> **The problem**
Search the material for the string "RenamingRelay" and reply with how many lines contain it, nothing else.

> **Data listing**
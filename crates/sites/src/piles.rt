//! The piles that a trace is sent through: what a judge on each of them answers to one run. Each takes the feed first and the budget last, as `run_once` does.

ghost use Rattle.feed.specs.Pile.{on, holds_back};
ghost use Rattle.judging.specs.Sites.{TellsBottom};

use crate::settings::Settings;
use driving::run_once;
use feed::Feed;
use hold_back::{Hold, HoldBack};
use judging::RunAnswer;
use relay::{AddressNames, Renames, RenamingRelay, Setting, ThreadNames};
use renaming::{Rotation, Table};

/// Judges the feed under other names.
pub fn renamed<F: Feed + Drop, S: Renames + Drop>(feed: F, names: S, budget: usize) -> RunAnswer
    ensures { F.Feed.unread feed → TellsBottom (on (S.relay names) (F.Feed.pile feed)) budget result.outcome }
{
    run_once(RenamingRelay::put_on(feed, names), budget)
}

/// Judges the feed with some of a thread's records held back.
pub fn held<F: Feed + Drop>(feed: F, hold: Hold, budget: usize) -> RunAnswer
    ensures { F.Feed.unread feed → TellsBottom (on (holds_back hold.thread hold.capacity) (F.Feed.pile feed)) budget result.outcome }
{
    run_once(HoldBack::put_on(feed, hold), budget)
}

/// Judges the feed under other names, and then with some of a thread's records held back.
pub fn renamed_and_held<F: Feed + Drop, S: Renames + Drop>(
    feed: F,
    names: S,
    hold: Hold,
    budget: usize,
) -> RunAnswer
    ensures { F.Feed.unread feed → TellsBottom (on (holds_back hold.thread hold.capacity) (on (S.relay names) (F.Feed.pile feed))) budget result.outcome }
{
    held(RenamingRelay::put_on(feed, names), hold, budget)
}

/// Judges the feed through five relays: its threads turned round, some records held back, its threads under the names of a table, its addresses turned round, and some records held back.
pub fn deep<F: Feed + Drop>(feed: F, set: &Settings, hold: Hold, budget: usize) -> RunAnswer
    ensures { F.Feed.unread feed → TellsBottom (on (holds_back hold.thread hold.capacity) (on (⟦<AddressNames<Rotation> as Setting>⟧.relay set.now.shift) (on (⟦<ThreadNames<Table> as Setting>⟧.relay set.now.names) (on (holds_back hold.thread hold.capacity) (on (⟦<ThreadNames<Rotation> as Setting>⟧.relay set.now.turn) (F.Feed.pile feed)))))) budget result.outcome }
{
    let turned = RenamingRelay::put_on(feed, set.turn);
    let behind = HoldBack::put_on(turned, hold);
    let named = RenamingRelay::put_on(behind, set.names);
    renamed_and_held(named, set.shift, hold, budget)
}
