/// Makes a call without a term.
#[tactic(auto, unfolding(crate::specs::Lines::call_made, crate::specs::Past::plain_line))]
fn make_plain(
    requests: &mut Requests,
    alloc: Global,
    machine: &mut Logged,
    call: &Call,
    files: &mut [u64],
) -> Answer
    ensures answered { IsCallTold machine.old.now machine.new.now call.now (length files.old) result }
    ensures handled { IsTaken (λ k. plain_step k (length files.old) call.now) machine.old.now machine.new.now result }
    ensures front { result.code ≡ 0 → StandsInFront (call_files (core_in machine.old.now) call.now) files.old files.new }
    ensures kept { result.code ≢ 0 → files.new ≡ files.old }
    ensures memory { result.code ≡ no_memory → may_want_memory (core_in machine.old.now) call.now ≡ true }
    ensures numbers { HasNoNumbers result }
    ensures names { passes (names_in machine.old.now) call.now ≡ true → names_in machine.new.now ≡ names_in machine.old.now }
    ensures past { IsGrown (plain_line (length files.old) call.now) machine.old machine.new result }
    ensures unchanged { result.code ≡ no_memory → machine.new ≡ machine.old }
    ensures cause { result.code ≡ no_memory → IsRefused requests.new }
{
    match call {
        Call::Take { most } => take_that_fits(requests, machine, *most, files),
        Call::Show { id } => show_from(requests, alloc, machine, id.0, &mut []),
        _ => answer(requests, machine, call),
    }
}

/// Fetches at most `most` files, or none if the buffer has too few places for them.
#[tactic(auto, unfolding(crate::specs::Lines::call_made, crate::specs::Past::plain_line))]
fn take_that_fits(
    requests: &mut Requests,
    machine: &mut Logged,
    most: u64,
    files: &mut [u64],
) -> Answer
    ensures answered { IsCallTold machine.old.now machine.new.now (call.Take most) (length files.old) result }
    ensures front { result.code ≡ 0 → StandsInFront (files_in (step (core_in machine.old.now) (call.Take most)).1) files.old files.new }
    ensures kept { result.code ≢ 0 → files.new ≡ files.old }
    ensures memory { result.code ≡ no_memory → may_want_memory (core_in machine.old.now) (call.Take most) ≡ true }
    ensures numbers { HasNoNumbers result }
    ensures names { names_in machine.new.now ≡ names_in machine.old.now }
    ensures past { IsGrown (plain_line (length files.old) (call.Take most)) machine.old machine.new result }
    ensures unchanged { result.code ≡ no_memory → machine.new ≡ machine.old }
    ensures cause { result.code ≡ no_memory → IsRefused requests.new }
{
    let needed = fetchable(machine.core(), most);
    if (files.len() as u64) < needed {
        return Answer::too_short(needed);
    }
    take_from(requests, machine, most, files)
}

/// How many files a take of at most `most` would fetch.
fn fetchable(core: &Core, most: u64) -> u64
    ensures { result ≡ length (files_in (step core.now (call.Take most)).1) }
{
    let waiting = core.files_waiting();
    if most < waiting { most } else { waiting }
}

/// Returns the kind of a line. Writes the numbers of a line that makes no call to the start of the
/// buffer, in the line's order.
///
/// The last number of a `config` line is 1 for `keep` and 0 for `delete`. If the buffer has too few
/// places, the answer says how many it needs. A line that scripts do not have is a call, even if
/// `relkvanu_line` refuses what follows its term. Takes memory for the lists of an `ack`, a `job`, a
/// `restore` and a `forfeit`.
#[unsafe(no_mangle)]
pub extern "C" fn relkvanu_line_says(alloc: Global, line: &[u8], numbers: &mut [u64]) -> Answer
    ensures told { result.code ≢ no_memory → result ≡ says_told (term_reading line.now) (length numbers.old) }
    ensures front { result.code ≡ 0 → StandsInFront (says_numbers (term_reading line.now)) numbers.old numbers.new }
    ensures kept { result.code ≢ 0 → numbers.new ≡ numbers.old }
    ensures memory { result.code ≡ no_memory → term_may_want_memory line.now ≡ true }
    ensures numbers { HasNoNumbers result }
{
    let mut requests = Requests::new();
    match requests.line(alloc, line) {
        Ok(TermLine::Other(read)) => write_line(&read, numbers),
        Ok(_) => write_numbers(LINE_CALL, &[], numbers),
        Err(why) => of_line_fault(&requests, why),
    }
}

fn write_line(line: &Line, numbers: &mut [u64]) -> Answer
    ensures told { result ≡ numbers_told (line_number line.now) (line_numbers line.now) (length numbers.old) }
    ensures front { result.code ≡ 0 → StandsInFront (line_numbers line.now) numbers.old numbers.new }
    ensures kept { result.code ≢ 0 → numbers.new ≡ numbers.old }
{
    match line {
        Line::Skip => write_numbers(LINE_SKIP, &[], numbers),
        Line::Config {
            interval,
            pause,
            at_once,
            timeout,
            tolerable,
            retained,
            keep_on_cancel,
        } => {
            let keep = u64::from(*keep_on_cancel);
            let list = [
                *interval, *pause, *at_once, *timeout, *tolerable, *retained, keep,
            ];
            write_numbers(LINE_CONFIG, &list, numbers)
        }
        Line::Job { parallelisms } => write_numbers(LINE_JOB, parallelisms.as_slice(), numbers),
        Line::Start { now } => write_numbers(LINE_START, &[*now], numbers),
        Line::All {
            now,
            id,
            threads,
            first,
        } => write_numbers(LINE_ALL, &[*now, id.0, *threads, *first], numbers),
        Line::Call(_) | Line::BadShape => write_numbers(LINE_CALL, &[], numbers),
    }
}

/// Writes numbers to the start of the buffer if that is long enough.
fn write_numbers(what: u32, list: &[u64], numbers: &mut [u64]) -> Answer
    ensures told { result ≡ numbers_told what list.now (length numbers.old) }
    ensures front { result.code ≡ 0 → StandsInFront list.now numbers.old numbers.new }
    ensures kept { result.code ≢ 0 → numbers.new ≡ numbers.old }
{
    if numbers.len() < list.len() {
        return Answer::too_short(list.len() as u64);
    }
    numbers[..list.len()].copy_from_slice(list);
    Answer::done(what, list.len() as u64, 0)
}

> **Exercise result**
5